__Task material__:
Segment Open

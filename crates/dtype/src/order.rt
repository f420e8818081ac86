// Whether the lines of a text fit one another.
ghost use Rattle.std.specs.Prelude.{◌≡◌, reverse, length, Some as Found};
ghost use Rattle.std.specs.Option.{option_map};
ghost use Rattle.dtype.specs.Row.{row_of, rows_of};
ghost use Rattle.dtype.specs.Order.{above, below, takes as takes_child, fits as fits_after};
ghost use Rattle.dtype.specs.Step.{line_fault, end_fault, checked};

use crate::faults::Fault;
use crate::lines::Line;
use kinds::Kind;

// The greatest depth of a line.
const MAX_DEPTH: u8 = 15;

// How many bytes the name of a field has at most.
const MAX_NAME: usize = 64;

// The nearest of the earlier lines that is less deep.
fn parent_of<'l, 'a>(earlier: &'l [Line<'a>], depth: u8) -> Option<&'l Line<'a>>
    ensures { option_map (λ l. row_of l.now) result ≡ above depth (reverse (rows_of earlier.now)) }
{
    earlier.iter().rev().find(|line| line.depth < depth)
}

// Whether a line with a name of `name_len` bytes may be a child of a line of this kind; `is_next` tells whether it follows it directly.
fn takes(kind: Kind, is_next: bool, name_len: usize) -> bool
    ensures { result ≡ takes_child kind is_next name_len }
{
    match kind {
        Kind::Struct => 0 < name_len && name_len <= MAX_NAME,
        Kind::List => is_next && name_len == 0,
        _ => false,
    }
}

// Whether a line is a child of the one above it, with a name that this allows.
fn is_child(parent: Line, line: Line, is_next: bool) -> bool
    ensures { result ≡ below line.entry.depth is_next (length line.entry.name.now) (Found (row_of parent.entry)) }
{
    u16::from(parent.depth) + 1 == u16::from(line.depth)
        && takes(parent.head.kind, is_next, line.name.len())
}

// Whether the depth and the name of a line fit the earlier lines.
fn fits(earlier: &[Line], line: Line) -> bool
    ensures { result ≡ fits_after (reverse (rows_of earlier.now)) (row_of line.entry) }
{
    let Some(last) = earlier.last() else {
        return line.depth == 0 && line.name.is_empty();
    };
    let is_next = last.depth < line.depth;
    let Some(parent) = parent_of(earlier, line.depth) else {
        return false;
    };
    line.depth <= MAX_DEPTH && is_child(*parent, line, is_next)
}

// What is wrong where a line in form follows the earlier ones: a list just before it that has no child, or the line itself.
pub(crate) fn check_line(earlier: &[Line], line: Line) -> Result<(), Fault>
    ensures { result ≡ checked (line_fault (reverse (rows_of earlier.now)) (row_of line.entry)) }
{
    if let Some(last) = earlier.last()
        && last.head.kind == Kind::List
        && line.depth <= last.depth
    {
        return Err(Fault::Shape(earlier.len()));
    }
    if fits(earlier, line) {
        Ok(())
    } else {
        Err(Fault::Shape(earlier.len() + 1))
    }
}

// What is wrong where the text ends after these lines: there is none, or the last is a list that has no child.
pub(crate) fn check_end(lines: &[Line]) -> Result<(), Fault>
    ensures { result ≡ checked (end_fault (reverse (rows_of lines.now))) }
{
    match lines.last() {
        None => Err(Fault::Form(1)),
        Some(last) if last.head.kind == Kind::List => Err(Fault::Shape(lines.len())),
        Some(_) => Ok(()),
    }
}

Segment Closed

__How to complete this task__: Across the records above, show each line containing the word "reverse".

__Task answer__:
ghost use Rattle.std.specs.Prelude.{◌≡◌, reverse, length, Some as Found};
    ensures { option_map (λ l. row_of l.now) result ≡ above depth (reverse (rows_of earlier.now)) }
    ensures { result ≡ fits_after (reverse (rows_of earlier.now)) (row_of line.entry) }
    ensures { result ≡ checked (line_fault (reverse (rows_of earlier.now)) (row_of line.entry)) }
    ensures { result ≡ checked (end_fault (reverse (rows_of lines.now))) }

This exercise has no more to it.